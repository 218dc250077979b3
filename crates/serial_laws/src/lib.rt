//! Laws on the serial policy's table of moves: between two moves the policy is where it fits the past, it
//! rests only where no request is left, and what it refuses and turns is legal. No code.
#![tactic(auto)]

mod laws;
mod refusals;

pub use laws::{
    first_control_fits, made_moves_are_legal, moves_add_entries, moves_keep, refusal_is_legal,
    rests_at_the_end, task_is_formed,
};
pub use refusals::{alone_finds_a_page, failed_carriers_are_lost, failures_refuse_once};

### Action item
Exactly what appears above must be set down again in full.

### Solution below
repository 218dc250077979b3
filename crates/serial_laws/src/lib.rt
//! Laws on the serial policy's table of moves: between two moves the policy is where it fits the past, it
//! rests only where no request is left, and what it refuses and turns is legal. No code.
#![tactic(auto)]

mod laws;
mod refusals;

pub use laws::{
    first_control_fits, made_moves_are_legal, moves_add_entries, moves_keep, refusal_is_legal,
    rests_at_the_end, task_is_formed,
};
pub use refusals::{alone_finds_a_page, failed_carriers_are_lost, failures_refuse_once};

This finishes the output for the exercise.